The Central Bank governor has also said a lot about how to ensure monetary stability, how to ensure we don’t incure deficit and some steps have been taken around improving revenue because some of the challenges we have faced overtime is the way the deficit, debt grew, all these things also contributed to the current crisis and these are not issues that can be solved very quickly.
The good news is that the government is determined to fix it. I think some of the steps they are taking now are in the right direction.
Similarly, Chairman, SMEs Group of the Lagos Chamber of Commerce and Industry (LCCI), Daniel Dickson-Okezie said the managers of our economy are not capable of handling the affairs of our economy.
The central bank is yet to stabilise its system. The the new appointees who are there are yet to settle down.
For the fires issue, the country is not a producing country and because we are importing more it’s pressurizing the forex.
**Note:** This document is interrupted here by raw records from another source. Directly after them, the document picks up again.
//! How the serving of a cartridge ends, and the line that tells it.

ghost use Rattle.std.specs.Prelude.{◌≡◌, ◌≢◌, ◌++◌, ℕ, [], List, codes, decimal, Some, IfOk};
ghost use Rattle.cartridge_meaning.specs.declared.errors.MountErr.{MountErr as MountFault};
ghost use Rattle.line_printer.specs.Printing.{HasTaken, IsOver};
ghost use Rattle.session_run.specs.Serving.{closed_end, end_line, mount_end};
ghost use Rattle.session_run.specs.declared.ends.ServeEnd.TheVariants as ends;

use cartridge_meaning::MountErr;
use commands::basic_commands::{bytes_of, drive_text, full_text, mount_text};
use line_printer::Printer;
use promises::serving_promise::{CloseEnd, Closed};
use session_script::Log;
use std::alloc::Global;
use tape_edge::Sink;
use tape_types::{Bytes, NoMemory, Twin};

/// How the serving of a cartridge ended.
#[derive(Clone, Copy)]
pub enum ServeEnd {
    /// All calls were made, and the volume was closed.
    Done {
        /// As which the cartridge reads now.
        generation: u64,
        /// The steps of the head until the close, and over how many positions they went, 2^64 - 1 at most.
        steps: u64,
        travel: u64,
        /// How many nodes the tree has.
        nodes: u32,
    },
    /// The cartridge was not mounted: the first check that fails.
    Volume(MountErr),
    /// The drive failed as the cartridge was mounted, or in the close: its count of faults before and after.
    Drive(Twin),
    /// A partition has too few positions for the close.
    Full {
        need: u64,
        limit: u64,
    },
    /// Memory was refused before the first call, or to the close.
    NoMemory,
}

/// What the serving of a cartridge gives back.
pub struct Served<D, K: Sink> {
    pub drive: D,
    /// What has printed the log, where there is one.
    pub printer: Printer<K>,
    /// What was done, wherever the calls were made.
    pub log: Option<Log>,
    pub end: ServeEnd,
}

/// The line of an end: `closed GENERATION STEPS TRAVEL`, or the line of the fault.
pub fn end_line(alloc: Global, end: &ServeEnd) -> Result<Bytes, NoMemory>
    ensures { IfOk result (λ line. line ≡ end_line end.now) }
{
    match *end {
        ServeEnd::Done {
            generation,
            steps,
            travel,
            nodes: _,
        } => Ok(bytes_of(format!(in alloc; "closed {generation} {steps} {travel}\n")?)),
        ServeEnd::Volume(error) => mount_text(alloc, error),
        ServeEnd::Drive(counts) => drive_text(alloc, counts),
        ServeEnd::Full { need, limit } => full_text(alloc, need, limit),
        ServeEnd::NoMemory => Ok(bytes_of(format!(in alloc; "memory\n")?)),
    }
}

/// Prints the line of an end behind the log. It takes no memory.
pub fn print_end<K: Sink>(printer: &mut Printer<K>, end: &ServeEnd)
    requires mounted { (error : MountFault) → end.now ≢ ends.Volume error }
    ensures over { IsOver printer.old printer.new }
    ensures none { printer.new.waits ≡ [] }
    ensures text { (text : List ℕ) → HasTaken K.Sink printer.old text
        → HasTaken K.Sink printer.new (text ++ end_line end.now) }
{
    put_end(printer, end);
    printer.send();
}

/// Puts the line of an end behind the log.
fn put_end<K: Sink>(printer: &mut Printer<K>, end: &ServeEnd)
    requires mounted { (error : MountFault) → end.now ≢ ends.Volume error }
    ensures over { IsOver printer.old printer.new }
    ensures text { (text : List ℕ) → HasTaken K.Sink printer.old text
        → HasTaken K.Sink printer.new (text ++ end_line end.now) }
{
    match *end {
        ServeEnd::Done {
            generation,
            steps,
            travel,
            nodes: _,
        } => {
            print_word(printer, b"closed ", generation);
            print_word(printer, b" ", steps);
            print_last(printer, b" ", travel);
        }
        ServeEnd::Volume(_) => unreachable!(),
        ServeEnd::Drive(counts) => {
            print_word(printer, b"drive ", counts.before);
            print_last(printer, b" ", counts.after);
        }
        ServeEnd::Full { need, limit } => {
            print_word(printer, b"full ", need);
            print_last(printer, b" ", limit);
        }
        ServeEnd::NoMemory => printer.put(b"memory\n"),
    }
}

/// Prints a number behind a word.
fn print_word<K: Sink>(printer: &mut Printer<K>, word: &[u8], number: u64)
    ensures over { IsOver printer.old printer.new }
    ensures text { (text : List ℕ) → HasTaken K.Sink printer.old text
        → HasTaken K.Sink printer.new (text ++ (word.now ++ decimal number)) }
{
    printer.put(word);
    printer.put_number(number);
}

/// Prints a number behind a word, and ends the line.
fn print_last<K: Sink>(printer: &mut Printer<K>, word: &[u8], number: u64)
    ensures over { IsOver printer.old printer.new }
    ensures text { (text : List ℕ) → HasTaken K.Sink printer.old text
        → HasTaken K.Sink printer.new (text ++ (word.now ++ (decimal number ++ codes "\n"))) }
{
    print_word(printer, word, number);
    printer.put(b"\n");
}

/// How serving ends where the cartridge was not mounted.
pub fn mount_end(error: MountErr) -> ServeEnd
    ensures { result ≡ mount_end error }
{
    match error {
        MountErr::Drive(counts) => ServeEnd::Drive(counts),
        MountErr::NoMemory => ServeEnd::NoMemory,
        _ => ServeEnd::Volume(error),
    }
}

/// How serving ends where the volume was closed.
fn closed_end(outcome: CloseEnd, steps: u64, travel: u64, nodes: u32) -> ServeEnd
    ensures { result ≡ closed_end outcome steps travel nodes }
{
    match outcome {
        CloseEnd::Done { generation } => ServeEnd::Done {
            generation,
            steps,
            travel,
            nodes,
        },
        CloseEnd::Full { need, limit } => ServeEnd::Full { need, limit },
        CloseEnd::Fault(counts) => ServeEnd::Drive(counts),
        CloseEnd::NoMemory => ServeEnd::NoMemory,
    }
}

/// What comes of a volume that was closed, and of what has printed its log.
pub fn of_close<D, K: Sink>(closed: Closed<D>, printer: Printer<K>) -> Served<D, K>
    ensures drive { result.drive ≡ closed.drive }
    ensures printer { result.printer ≡ printer }
    ensures log { result.log ≡ Some closed.log }
    ensures end { result.end ≡ closed_end closed.outcome closed.steps closed.travel closed.nodes }
{
    let Closed {
        drive,
        log,
        outcome,
        steps,
        travel,
        nodes,
    } = closed;
    Served {
        drive,
        printer,
        log: Some(log),
        end: closed_end(outcome, steps, travel, nodes),
    }
}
Another issue is that the managers of the system have not been able to deal with those are manipulating the system and they also don’t solution to the problem.
We need to go back to the basics, the forex issue is one of the causes of inflation as long as the forex challenges are there the Naira is getting more and more useless.
The inflation has gone beyond hyper inflation and what is worrisome is that there are no signs that things will get better following economic trends and fact because there is nothing on ground to show that things will get better.
There is nothing on ground to ameliorate the inflationary trend and forex challenges,
The government seems to be chasing shadows doling money to people which does not make sense.
Right now, SMEs are dying and it is worse for them because they lack access to funds.The big players have better access to funds than the SMEs so they can easily survive difficult times.With inflationary trends, poor power supply and other challenges confronting small businesses, most of them have gone underground.
The government has to go back to the drawing board and get things working for businesses to go back, revisit the issue of subsidy and get things working. Government needs to improve our revenue, we need to fix our refineries and many more.